◆ About this exercise
When you answer, restate the entries below without altering anything.

════════

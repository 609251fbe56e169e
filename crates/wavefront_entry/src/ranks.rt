// Which of a solid's vertices each vertex is, counted from 1: an array with a place for each vertex, 0 for those of
// other solids. One pass over the half-edges marks the solid's vertices, one over the vertices counts them.
ghost use Rattle.std.specs.Prelude.{◌≡◌, ℕ, ◌+◌, ◌*◌, ◌≤◌, ◌<◌, eqb, length, get_or};
ghost use Rattle.laws.specs.Bools.{pick};
ghost use Rattle.bounds.specs.Bounds.{most_items, item_places};
ghost use Rattle.layout.specs.Layout.{face_solid, start_of, side};
ghost use Rattle.layout.specs.Small.{Small};
ghost use Rattle.wavefront_entry.specs.RankLaws.{marked_at, numbered, MarkedTo, CountedTo, Ranked};

use bounds::{ITEM_PLACES, MOST_ITEMS};
use layout::columns::{face_solid, side_of, start_of};
use layout::shape::Shape;

// The start of half-edge k, where the half-edge is one of solid s; else 0.
fn own_start(links: &[u16], sh: Shape, s: usize, k: usize) -> usize
    requires { k ≤ 65536 }
    ensures { result ≡ pick (eqb (face_solid sh links.now (side sh links.now k)) s)
        (start_of sh links.now k) 0 }
{
    if face_solid(links, sh, side_of(links, sh, k)) == s {
        return start_of(links, sh, k);
    }
    0
}

// Vertex v is marked; 0 is none.
fn mark(ranks: &mut [u16; ITEM_PLACES], v: usize)
    ensures { ranks.new ≡ marked_at ranks.old v }
{
    if v == 0 {
        return;
    }
    if v > MOST_ITEMS {
        return;
    }
    ranks[v] = 1;
}

// The solid's vertices are marked.
fn mark_vertices(links: &[u16], sh: Shape, s: usize, ranks: &mut [u16; ITEM_PLACES])
    requires { Small sh }
    ensures { MarkedTo sh links.now s (2 * sh.edges) ranks.new }
{
    *ranks = [0u16; ITEM_PLACES];
    let n = 2 * (sh.edges as usize);
    for k in 0..n {
        let v = own_start(links, sh, s, k + 1);
        mark(ranks, v);
    }
}

// Vertex v, where it is marked, is the next one after the first `last`; how many there are then.
fn number(ranks: &mut [u16; ITEM_PLACES], v: usize, last: usize) -> usize
    requires { (v ≤ most_items) × (last < most_items) × (length ranks.old ≡ item_places) }
    ensures { (ranks.new ≡ numbered ranks.old v (last + 1))
        × (result ≡ pick (eqb (get_or ranks.old v 0) 0) last (last + 1)) }
{
    if ranks[v] == 0 {
        return last;
    }
    ranks[v] = (last + 1) as u16;
    last + 1
}

// The marked vertices of 1 to n are counted.
fn count_vertices(ranks: &mut [u16; ITEM_PLACES], n: usize)
    requires { (n ≤ most_items) × (length ranks.old ≡ item_places) }
    ensures { CountedTo ranks.old n ranks.new }
{
    let mut last: usize = 0;
    for v in 0..n {
        last = number(ranks, v + 1, last);
    }
}

// The ranks of the vertices of solid s.
pub fn rank_vertices(links: &[u16], sh: Shape, s: usize, ranks: &mut [u16; ITEM_PLACES])
    requires { Small sh }
    ensures { Ranked sh links.now s ranks.new }
{
    mark_vertices(links, sh, s, ranks);
    count_vertices(ranks, sh.vertices as usize);
}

════════

◆ Solution below
repository 609251fbe56e169e
filename crates/wavefront_entry/src/ranks.rt
// Which of a solid's vertices each vertex is, counted from 1: an array with a place for each vertex, 0 for those of
// other solids. One pass over the half-edges marks the solid's vertices, one over the vertices counts them.
ghost use Rattle.std.specs.Prelude.{◌≡◌, ℕ, ◌+◌, ◌*◌, ◌≤◌, ◌<◌, eqb, length, get_or};
ghost use Rattle.laws.specs.Bools.{pick};
ghost use Rattle.bounds.specs.Bounds.{most_items, item_places};
ghost use Rattle.layout.specs.Layout.{face_solid, start_of, side};
ghost use Rattle.layout.specs.Small.{Small};
ghost use Rattle.wavefront_entry.specs.RankLaws.{marked_at, numbered, MarkedTo, CountedTo, Ranked};

use bounds::{ITEM_PLACES, MOST_ITEMS};
use layout::columns::{face_solid, side_of, start_of};
use layout::shape::Shape;

// The start of half-edge k, where the half-edge is one of solid s; else 0.
fn own_start(links: &[u16], sh: Shape, s: usize, k: usize) -> usize
    requires { k ≤ 65536 }
    ensures { result ≡ pick (eqb (face_solid sh links.now (side sh links.now k)) s)
        (start_of sh links.now k) 0 }
{
    if face_solid(links, sh, side_of(links, sh, k)) == s {
        return start_of(links, sh, k);
    }
    0
}

// Vertex v is marked; 0 is none.
fn mark(ranks: &mut [u16; ITEM_PLACES], v: usize)
    ensures { ranks.new ≡ marked_at ranks.old v }
{
    if v == 0 {
        return;
    }
    if v > MOST_ITEMS {
        return;
    }
    ranks[v] = 1;
}

// The solid's vertices are marked.
fn mark_vertices(links: &[u16], sh: Shape, s: usize, ranks: &mut [u16; ITEM_PLACES])
    requires { Small sh }
    ensures { MarkedTo sh links.now s (2 * sh.edges) ranks.new }
{
    *ranks = [0u16; ITEM_PLACES];
    let n = 2 * (sh.edges as usize);
    for k in 0..n {
        let v = own_start(links, sh, s, k + 1);
        mark(ranks, v);
    }
}

// Vertex v, where it is marked, is the next one after the first `last`; how many there are then.
fn number(ranks: &mut [u16; ITEM_PLACES], v: usize, last: usize) -> usize
    requires { (v ≤ most_items) × (last < most_items) × (length ranks.old ≡ item_places) }
    ensures { (ranks.new ≡ numbered ranks.old v (last + 1))
        × (result ≡ pick (eqb (get_or ranks.old v 0) 0) last (last + 1)) }
{
    if ranks[v] == 0 {
        return last;
    }
    ranks[v] = (last + 1) as u16;
    last + 1
}

// The marked vertices of 1 to n are counted.
fn count_vertices(ranks: &mut [u16; ITEM_PLACES], n: usize)
    requires { (n ≤ most_items) × (length ranks.old ≡ item_places) }
    ensures { CountedTo ranks.old n ranks.new }
{
    let mut last: usize = 0;
    for v in 0..n {
        last = number(ranks, v + 1, last);
    }
}

// The ranks of the vertices of solid s.
pub fn rank_vertices(links: &[u16], sh: Shape, s: usize, ranks: &mut [u16; ITEM_PLACES])
    requires { Small sh }
    ensures { Ranked sh links.now s ranks.new }
{
    mark_vertices(links, sh, s, ranks);
    count_vertices(ranks, sh.vertices as usize);
}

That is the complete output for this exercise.